#  > STAGE & RIGGING FORA >  > RIGGING FORUM - ONDERWERPEN & FOTO'S >  >  Accident

## Grom

Hello,

   I found this accident on the other forum.
Here is link
Concert Cancelled After Accident | The Emory Wheel

----------


## Grom

I dont know how to edit, so I write another kessage.

I am not sure, but I think this is original roof
http://www.beezgetz.com/original_roof.jpg
(not for that event)

message to grom:  in Dutch "Edit" means " wijzig" just push the button :-)
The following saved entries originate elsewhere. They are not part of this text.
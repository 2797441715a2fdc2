//! Errors as numbers and names. Up to 63 they are the library's, from 64 on those of C alone.
ghost use Rattle.std.specs.Prelude.{◌≡◌, ◌<◌, ℕ, length, pos, slice_index_or};
ghost use Rattle.cfi_read_core.specs.RefusalNames.{name_of};
ghost use Rattle.cfi_c.specs.Refusals.{status_name, error_status};

use gimli_cfi::{DwCfa, DwEhPe, Error, ReaderOffsetId};

/// The status where there is no context.
pub const NO_CONTEXT: i32 = 64;

/// The status where there is no table.
pub const NO_TABLE: i32 = 65;

/// The status of a file of which no segment is loaded.
pub const NO_SEGMENTS: i32 = 66;

/// The status of a file without a segment of `.eh_frame_hdr`.
pub const NO_HEADER: i32 = 67;

/// The status of a header that points to no segment that is loaded.
pub const NO_SECTION: i32 = 68;

/// The status where no window has the bytes of a header or a section.
pub const NOT_IN_MEMORY: i32 = 69;

/// Returns the status of an error: its number, from 1 on.
pub fn number_of(error: Error) -> i32
    ensures { result ≡ error_status error }
{
    i32::from(error.number())
}

/// The errors in the order of their numbers, from 1 on; `tools/errors` writes them. A name does not
/// show what an error carries, so that is 0 here.
const REFUSALS: [Error; 31] = [
    Error::UnexpectedEof(ReaderOffsetId(0)),
    Error::BadUnsignedLeb128,
    Error::BadSignedLeb128,
    Error::UnknownReservedLength(0),
    Error::UnsupportedAddressSize(0),
    Error::UnsupportedOffset,
    Error::UnsupportedRegister(0),
    Error::AddressOverflow,
    Error::UnknownVersion(0),
    Error::UnsupportedSegmentSize(0),
    Error::UnknownAugmentation,
    Error::UnknownPointerEncoding(DwEhPe(0)),
    Error::CannotParseOmitPointerEncoding,
    Error::UnsupportedPointerEncoding(DwEhPe(0)),
    Error::PcRelativePointerButSectionBaseIsUndefined,
    Error::TextRelativePointerButTextBaseIsUndefined,
    Error::DataRelativePointerButDataBaseIsUndefined,
    Error::FuncRelativePointerInBadContext,
    Error::UnsupportedIndirectPointer,
    Error::NotCieId(0),
    Error::NotCiePointer(0),
    Error::NoEntryAtGivenOffset(0),
    Error::OffsetOutOfBounds(0),
    Error::UnknownCallFrameInstruction(DwCfa(0)),
    Error::CfiInstructionInInvalidContext,
    Error::InvalidCfiSetLoc(0),
    Error::StackFull,
    Error::PopWithEmptyStack,
    Error::TooManyRegisterRules,
    Error::NoUnwindInfoForAddress,
    Error::OutOfMemory,
];

/// Writes the name of a status and a zero after it, as much of both as fits, and returns the length
/// of the name in bytes: `Ok` for 0, `NoContext` for `NO_CONTEXT`, `Unknown` for a number that is
/// not a status.
#[unsafe(no_mangle)]
pub extern "C" fn cfi_status_name(status: i32, name: &mut [u8]) -> usize
    ensures length { result ≡ length (status_name status) }
    ensures written { (k : ℕ) → k < length name.new → k < length (status_name status) →
        slice_index_or name.new k 0 ≡ slice_index_or (status_name status) k 0 }
    ensures ended { slice_index_or name.new (length (status_name status)) 0 ≡ 0 }
    ensures rest { (k : ℕ) → length (status_name status) < k →
        slice_index_or name.new k 0 ≡ slice_index_or name.old k 0 }
    ensures refusals { (e : Error) → status_name (error_status e) ≡ name_of e }
{
    let text = name_of(status);
    for k in 0..text.len() {
        if k < name.len() {
            name[k] = text[k];
        }
    }
    if text.len() < name.len() {
        name[text.len()] = 0;
    }
    text.len()
}

/// Returns the name of a status.
pub fn name_of(status: i32) -> &'static [u8]
    ensures { result.now ≡ status_name status }
{
    let Ok(number) = usize::try_from(status) else {
        return b"Unknown";
    };
    if number == 0 {
        return b"Ok";
    }
    if number > 63 {
        return own_name(number);
    }
    if number > REFUSALS.len() {
        return b"Unknown";
    }
    REFUSALS[number - 1].name().as_bytes()
}

/// Returns the name of a status that is no error of the sections.
fn own_name(number: usize) -> &'static [u8]
    requires { 63 < number }
    ensures { result.now ≡ status_name (pos number) }
{
    if number > 69 {
        return b"Unknown";
    }
    if number == 64 {
        return b"NoContext";
    }
    if number == 65 {
        return b"NoTable";
    }
    if number == 66 {
        return b"NoSegments";
    }
    if number == 67 {
        return b"NoHeader";
    }
    if number == 68 {
        return b"NoSection";
    }
    b"NotInMemory"
}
Ok, Thanks! I will remember that.

And the picture of this second roof is not the same roof. It seems smaller...

----------


## Jeroen de Goei

http://www.11alive.com/assetpool/ima...25a%5B1%5D.jpg

een klein beetje betere foto.


verder is er weinig te zien.
te grote overspanning met te kleine truss en teveel gewicht. 
Plat dak, misschien iets met wind.

----------


## rinus bakker

Luckily no-one was killed. But that is only going to be a matter of time. 
The incident with 10 fatalities or more might finally wake us. And if not at another moment in time there will be 20 or more killed. And when this (yet another one, in the row of examples from the recent years) one doesn't help to get some common sense into manufacturer and user brains alike, that "Big One" certainly will happen at a random moment in time (choosen by Mr. Murphy). 
And then we all will be in (big) trouble for at least a year or so, when H&S and Building Inspection Officials will raise 'their ugly heads' which up till now have been put in carefully planned "ostrich position".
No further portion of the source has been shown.